Record set:
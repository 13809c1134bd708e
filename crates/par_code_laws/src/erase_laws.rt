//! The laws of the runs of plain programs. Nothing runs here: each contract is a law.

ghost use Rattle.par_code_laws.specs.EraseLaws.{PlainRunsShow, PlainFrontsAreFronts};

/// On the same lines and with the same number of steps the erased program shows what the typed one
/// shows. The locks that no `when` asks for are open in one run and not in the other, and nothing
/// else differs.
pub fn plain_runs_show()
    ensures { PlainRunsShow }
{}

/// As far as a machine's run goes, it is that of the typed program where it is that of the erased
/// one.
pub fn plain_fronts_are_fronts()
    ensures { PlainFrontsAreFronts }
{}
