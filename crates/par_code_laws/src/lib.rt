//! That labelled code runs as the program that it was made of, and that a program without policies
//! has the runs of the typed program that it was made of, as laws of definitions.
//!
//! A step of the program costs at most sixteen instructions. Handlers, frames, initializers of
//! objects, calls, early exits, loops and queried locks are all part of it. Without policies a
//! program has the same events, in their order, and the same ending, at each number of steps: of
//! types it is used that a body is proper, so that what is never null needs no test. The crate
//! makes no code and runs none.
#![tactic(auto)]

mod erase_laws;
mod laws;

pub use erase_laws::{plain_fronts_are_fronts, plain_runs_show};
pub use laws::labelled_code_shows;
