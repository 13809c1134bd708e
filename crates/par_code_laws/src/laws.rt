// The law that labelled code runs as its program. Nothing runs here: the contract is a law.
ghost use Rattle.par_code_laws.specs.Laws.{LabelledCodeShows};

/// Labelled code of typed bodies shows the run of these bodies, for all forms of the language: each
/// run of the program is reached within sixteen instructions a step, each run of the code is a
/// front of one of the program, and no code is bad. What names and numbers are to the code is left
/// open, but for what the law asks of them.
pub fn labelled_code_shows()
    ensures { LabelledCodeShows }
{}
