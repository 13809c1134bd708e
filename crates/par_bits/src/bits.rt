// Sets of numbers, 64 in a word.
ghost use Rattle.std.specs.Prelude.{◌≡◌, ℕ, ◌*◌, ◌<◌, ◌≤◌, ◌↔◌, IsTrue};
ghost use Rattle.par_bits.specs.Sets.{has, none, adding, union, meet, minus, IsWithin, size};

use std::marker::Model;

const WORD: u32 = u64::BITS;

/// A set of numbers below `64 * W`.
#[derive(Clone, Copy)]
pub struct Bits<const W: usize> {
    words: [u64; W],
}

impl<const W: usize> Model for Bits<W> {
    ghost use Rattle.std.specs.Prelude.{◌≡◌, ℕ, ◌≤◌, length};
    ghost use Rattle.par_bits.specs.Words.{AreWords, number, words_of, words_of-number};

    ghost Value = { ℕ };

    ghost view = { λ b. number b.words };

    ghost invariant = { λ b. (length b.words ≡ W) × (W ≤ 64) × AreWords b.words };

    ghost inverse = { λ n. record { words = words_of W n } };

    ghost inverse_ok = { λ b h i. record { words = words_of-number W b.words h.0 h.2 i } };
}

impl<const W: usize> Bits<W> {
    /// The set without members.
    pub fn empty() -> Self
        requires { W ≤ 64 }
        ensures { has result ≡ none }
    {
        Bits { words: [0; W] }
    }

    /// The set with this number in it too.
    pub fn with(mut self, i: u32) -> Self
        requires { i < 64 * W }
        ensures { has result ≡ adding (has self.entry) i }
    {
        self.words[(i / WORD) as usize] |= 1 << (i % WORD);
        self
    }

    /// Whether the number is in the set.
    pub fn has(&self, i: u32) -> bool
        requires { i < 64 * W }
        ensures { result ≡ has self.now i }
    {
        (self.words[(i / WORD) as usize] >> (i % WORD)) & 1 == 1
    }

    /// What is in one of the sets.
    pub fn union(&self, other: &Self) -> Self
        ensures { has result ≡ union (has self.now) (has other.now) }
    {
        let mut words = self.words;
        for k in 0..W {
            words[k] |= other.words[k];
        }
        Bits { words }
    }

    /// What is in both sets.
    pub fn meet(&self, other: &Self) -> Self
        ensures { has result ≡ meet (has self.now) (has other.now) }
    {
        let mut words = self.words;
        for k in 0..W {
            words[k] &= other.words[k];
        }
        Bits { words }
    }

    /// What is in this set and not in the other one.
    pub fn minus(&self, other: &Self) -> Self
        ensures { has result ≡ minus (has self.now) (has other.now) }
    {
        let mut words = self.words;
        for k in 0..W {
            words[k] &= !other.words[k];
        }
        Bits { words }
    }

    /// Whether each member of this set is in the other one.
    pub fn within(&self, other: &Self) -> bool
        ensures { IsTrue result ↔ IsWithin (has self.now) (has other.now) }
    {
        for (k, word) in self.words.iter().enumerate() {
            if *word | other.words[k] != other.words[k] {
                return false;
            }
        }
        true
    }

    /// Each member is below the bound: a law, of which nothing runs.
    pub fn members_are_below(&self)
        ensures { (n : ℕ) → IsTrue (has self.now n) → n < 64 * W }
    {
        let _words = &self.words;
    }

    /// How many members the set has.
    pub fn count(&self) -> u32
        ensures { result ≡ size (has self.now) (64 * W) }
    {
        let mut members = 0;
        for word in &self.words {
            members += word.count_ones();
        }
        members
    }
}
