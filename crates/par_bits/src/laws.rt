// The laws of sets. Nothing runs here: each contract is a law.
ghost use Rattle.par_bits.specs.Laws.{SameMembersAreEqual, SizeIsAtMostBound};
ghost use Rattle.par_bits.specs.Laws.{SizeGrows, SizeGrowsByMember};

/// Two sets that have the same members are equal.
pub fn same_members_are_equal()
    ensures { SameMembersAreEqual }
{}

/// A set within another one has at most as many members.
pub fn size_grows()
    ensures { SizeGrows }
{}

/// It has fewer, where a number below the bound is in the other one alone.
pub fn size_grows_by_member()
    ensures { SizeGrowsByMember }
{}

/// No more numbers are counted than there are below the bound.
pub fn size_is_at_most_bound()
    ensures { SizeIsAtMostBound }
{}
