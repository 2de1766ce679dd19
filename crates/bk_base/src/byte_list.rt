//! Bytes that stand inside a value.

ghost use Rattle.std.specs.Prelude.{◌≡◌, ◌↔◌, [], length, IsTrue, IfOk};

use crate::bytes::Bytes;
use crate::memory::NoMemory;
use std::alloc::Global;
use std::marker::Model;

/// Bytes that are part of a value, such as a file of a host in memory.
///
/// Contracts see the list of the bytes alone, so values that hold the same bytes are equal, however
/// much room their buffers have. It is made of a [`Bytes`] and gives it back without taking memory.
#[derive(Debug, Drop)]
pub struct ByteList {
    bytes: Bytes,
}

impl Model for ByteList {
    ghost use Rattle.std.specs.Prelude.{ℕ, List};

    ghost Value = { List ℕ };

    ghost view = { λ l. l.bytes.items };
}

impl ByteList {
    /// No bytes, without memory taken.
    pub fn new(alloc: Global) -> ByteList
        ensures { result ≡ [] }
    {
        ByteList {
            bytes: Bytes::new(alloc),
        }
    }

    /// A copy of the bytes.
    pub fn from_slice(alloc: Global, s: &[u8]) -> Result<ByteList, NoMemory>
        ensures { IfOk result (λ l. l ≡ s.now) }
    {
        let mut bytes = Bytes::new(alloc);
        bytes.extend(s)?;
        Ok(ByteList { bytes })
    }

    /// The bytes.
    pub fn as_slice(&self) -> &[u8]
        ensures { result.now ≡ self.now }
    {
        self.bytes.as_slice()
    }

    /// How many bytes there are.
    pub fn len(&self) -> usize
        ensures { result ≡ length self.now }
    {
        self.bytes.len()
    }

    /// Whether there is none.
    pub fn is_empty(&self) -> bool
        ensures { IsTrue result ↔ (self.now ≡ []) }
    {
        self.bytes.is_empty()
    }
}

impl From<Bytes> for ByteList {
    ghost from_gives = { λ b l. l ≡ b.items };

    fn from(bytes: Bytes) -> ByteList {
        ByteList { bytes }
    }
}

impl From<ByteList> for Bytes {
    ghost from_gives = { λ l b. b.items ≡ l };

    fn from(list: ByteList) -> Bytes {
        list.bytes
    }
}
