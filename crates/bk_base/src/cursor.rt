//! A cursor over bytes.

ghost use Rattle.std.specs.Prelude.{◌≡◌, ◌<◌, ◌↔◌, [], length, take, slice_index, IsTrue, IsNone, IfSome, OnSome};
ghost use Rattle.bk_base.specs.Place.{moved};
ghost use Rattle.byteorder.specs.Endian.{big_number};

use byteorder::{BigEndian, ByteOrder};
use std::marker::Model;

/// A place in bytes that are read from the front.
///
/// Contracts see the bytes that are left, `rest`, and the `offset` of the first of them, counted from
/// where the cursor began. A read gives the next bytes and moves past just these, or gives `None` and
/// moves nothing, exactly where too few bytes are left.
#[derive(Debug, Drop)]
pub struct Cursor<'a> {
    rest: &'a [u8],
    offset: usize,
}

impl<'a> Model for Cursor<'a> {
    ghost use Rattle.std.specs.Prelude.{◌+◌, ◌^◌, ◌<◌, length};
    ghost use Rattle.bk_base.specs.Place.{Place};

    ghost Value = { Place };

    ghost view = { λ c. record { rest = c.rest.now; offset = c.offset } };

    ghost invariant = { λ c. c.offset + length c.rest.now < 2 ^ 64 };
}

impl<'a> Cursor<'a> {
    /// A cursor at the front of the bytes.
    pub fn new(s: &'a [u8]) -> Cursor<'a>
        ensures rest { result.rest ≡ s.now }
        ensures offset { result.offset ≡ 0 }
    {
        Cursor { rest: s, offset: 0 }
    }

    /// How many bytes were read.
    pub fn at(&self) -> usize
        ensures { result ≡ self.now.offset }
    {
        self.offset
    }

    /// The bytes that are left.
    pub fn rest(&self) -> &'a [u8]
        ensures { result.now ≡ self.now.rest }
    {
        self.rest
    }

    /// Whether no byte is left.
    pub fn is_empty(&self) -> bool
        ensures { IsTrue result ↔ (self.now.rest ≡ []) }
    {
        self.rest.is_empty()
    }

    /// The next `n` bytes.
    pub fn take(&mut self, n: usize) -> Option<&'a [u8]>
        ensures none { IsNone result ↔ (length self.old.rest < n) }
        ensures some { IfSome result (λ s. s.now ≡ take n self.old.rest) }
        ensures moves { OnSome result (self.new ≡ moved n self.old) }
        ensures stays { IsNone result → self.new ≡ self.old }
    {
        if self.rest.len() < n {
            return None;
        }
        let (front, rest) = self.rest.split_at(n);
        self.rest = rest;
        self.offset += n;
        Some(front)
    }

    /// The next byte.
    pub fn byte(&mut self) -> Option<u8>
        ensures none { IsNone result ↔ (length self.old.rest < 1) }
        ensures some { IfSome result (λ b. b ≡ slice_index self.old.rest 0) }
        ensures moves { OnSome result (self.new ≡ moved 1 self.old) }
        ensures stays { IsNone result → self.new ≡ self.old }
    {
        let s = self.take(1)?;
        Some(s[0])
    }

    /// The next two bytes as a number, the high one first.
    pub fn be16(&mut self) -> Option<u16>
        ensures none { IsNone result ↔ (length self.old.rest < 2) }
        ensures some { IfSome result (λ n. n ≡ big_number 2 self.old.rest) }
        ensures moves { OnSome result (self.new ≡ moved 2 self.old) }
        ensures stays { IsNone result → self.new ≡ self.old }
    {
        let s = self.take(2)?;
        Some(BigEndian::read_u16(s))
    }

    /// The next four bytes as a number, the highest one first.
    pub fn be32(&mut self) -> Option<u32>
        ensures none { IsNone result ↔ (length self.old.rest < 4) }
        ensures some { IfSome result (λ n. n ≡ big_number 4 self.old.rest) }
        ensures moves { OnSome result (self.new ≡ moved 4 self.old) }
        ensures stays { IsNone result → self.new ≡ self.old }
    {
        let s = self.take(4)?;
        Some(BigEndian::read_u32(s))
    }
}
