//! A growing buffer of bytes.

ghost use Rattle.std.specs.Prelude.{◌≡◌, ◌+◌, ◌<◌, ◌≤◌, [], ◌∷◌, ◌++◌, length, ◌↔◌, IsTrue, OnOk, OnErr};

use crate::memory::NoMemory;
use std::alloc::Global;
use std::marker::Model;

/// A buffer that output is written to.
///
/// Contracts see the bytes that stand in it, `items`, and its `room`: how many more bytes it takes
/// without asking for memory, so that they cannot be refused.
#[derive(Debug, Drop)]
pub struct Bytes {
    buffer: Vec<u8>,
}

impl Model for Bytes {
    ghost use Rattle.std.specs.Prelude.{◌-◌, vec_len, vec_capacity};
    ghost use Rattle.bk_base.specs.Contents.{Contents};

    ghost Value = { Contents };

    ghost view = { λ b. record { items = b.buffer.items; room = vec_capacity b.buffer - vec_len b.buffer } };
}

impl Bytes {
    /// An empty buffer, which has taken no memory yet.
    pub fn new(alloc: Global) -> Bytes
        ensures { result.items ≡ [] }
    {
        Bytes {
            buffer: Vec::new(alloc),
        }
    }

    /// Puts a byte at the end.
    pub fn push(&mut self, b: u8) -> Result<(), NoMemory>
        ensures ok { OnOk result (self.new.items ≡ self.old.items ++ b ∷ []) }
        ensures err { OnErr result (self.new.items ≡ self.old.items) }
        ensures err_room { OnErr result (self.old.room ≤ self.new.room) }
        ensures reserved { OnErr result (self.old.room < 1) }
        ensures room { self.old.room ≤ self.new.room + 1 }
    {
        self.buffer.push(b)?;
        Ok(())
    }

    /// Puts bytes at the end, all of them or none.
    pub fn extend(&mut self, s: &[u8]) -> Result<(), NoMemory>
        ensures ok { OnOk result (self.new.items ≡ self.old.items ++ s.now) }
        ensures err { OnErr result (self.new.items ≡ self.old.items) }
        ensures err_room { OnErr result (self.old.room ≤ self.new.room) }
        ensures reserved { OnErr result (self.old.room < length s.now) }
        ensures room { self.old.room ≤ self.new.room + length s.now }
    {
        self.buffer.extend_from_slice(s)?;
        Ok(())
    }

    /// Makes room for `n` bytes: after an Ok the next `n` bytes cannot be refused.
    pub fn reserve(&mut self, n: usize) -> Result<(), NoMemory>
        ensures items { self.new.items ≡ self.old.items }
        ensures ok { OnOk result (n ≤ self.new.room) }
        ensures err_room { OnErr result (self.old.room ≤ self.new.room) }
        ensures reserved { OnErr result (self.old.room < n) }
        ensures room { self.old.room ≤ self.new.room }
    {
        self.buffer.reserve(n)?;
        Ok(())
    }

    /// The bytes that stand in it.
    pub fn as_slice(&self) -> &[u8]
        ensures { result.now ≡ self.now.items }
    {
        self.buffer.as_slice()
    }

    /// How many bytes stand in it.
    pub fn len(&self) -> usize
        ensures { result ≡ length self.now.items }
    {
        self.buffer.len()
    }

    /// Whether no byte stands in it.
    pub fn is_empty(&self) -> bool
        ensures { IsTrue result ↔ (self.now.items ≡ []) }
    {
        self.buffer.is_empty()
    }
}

Task item: All lines above from the one holding "pub fn be32(&mut self) -> Option<u32>" to the one holding "(self.old.room < 1)", inclusive, are to be copied exactly; no other line is wanted.

Your solution:
    pub fn be32(&mut self) -> Option<u32>
        ensures none { IsNone result ↔ (length self.old.rest < 4) }
        ensures some { IfSome result (λ n. n ≡ big_number 4 self.old.rest) }
        ensures moves { OnSome result (self.new ≡ moved 4 self.old) }
        ensures stays { IsNone result → self.new ≡ self.old }
    {
        let s = self.take(4)?;
        Some(BigEndian::read_u32(s))
    }
}
//! A growing buffer of bytes.

ghost use Rattle.std.specs.Prelude.{◌≡◌, ◌+◌, ◌<◌, ◌≤◌, [], ◌∷◌, ◌++◌, length, ◌↔◌, IsTrue, OnOk, OnErr};

use crate::memory::NoMemory;
use std::alloc::Global;
use std::marker::Model;

/// A buffer that output is written to.
///
/// Contracts see the bytes that stand in it, `items`, and its `room`: how many more bytes it takes
/// without asking for memory, so that they cannot be refused.
#[derive(Debug, Drop)]
pub struct Bytes {
    buffer: Vec<u8>,
}

impl Model for Bytes {
    ghost use Rattle.std.specs.Prelude.{◌-◌, vec_len, vec_capacity};
    ghost use Rattle.bk_base.specs.Contents.{Contents};

    ghost Value = { Contents };

    ghost view = { λ b. record { items = b.buffer.items; room = vec_capacity b.buffer - vec_len b.buffer } };
}

impl Bytes {
    /// An empty buffer, which has taken no memory yet.
    pub fn new(alloc: Global) -> Bytes
        ensures { result.items ≡ [] }
    {
        Bytes {
            buffer: Vec::new(alloc),
        }
    }

    /// Puts a byte at the end.
    pub fn push(&mut self, b: u8) -> Result<(), NoMemory>
        ensures ok { OnOk result (self.new.items ≡ self.old.items ++ b ∷ []) }
        ensures err { OnErr result (self.new.items ≡ self.old.items) }
        ensures err_room { OnErr result (self.old.room ≤ self.new.room) }
        ensures reserved { OnErr result (self.old.room < 1) }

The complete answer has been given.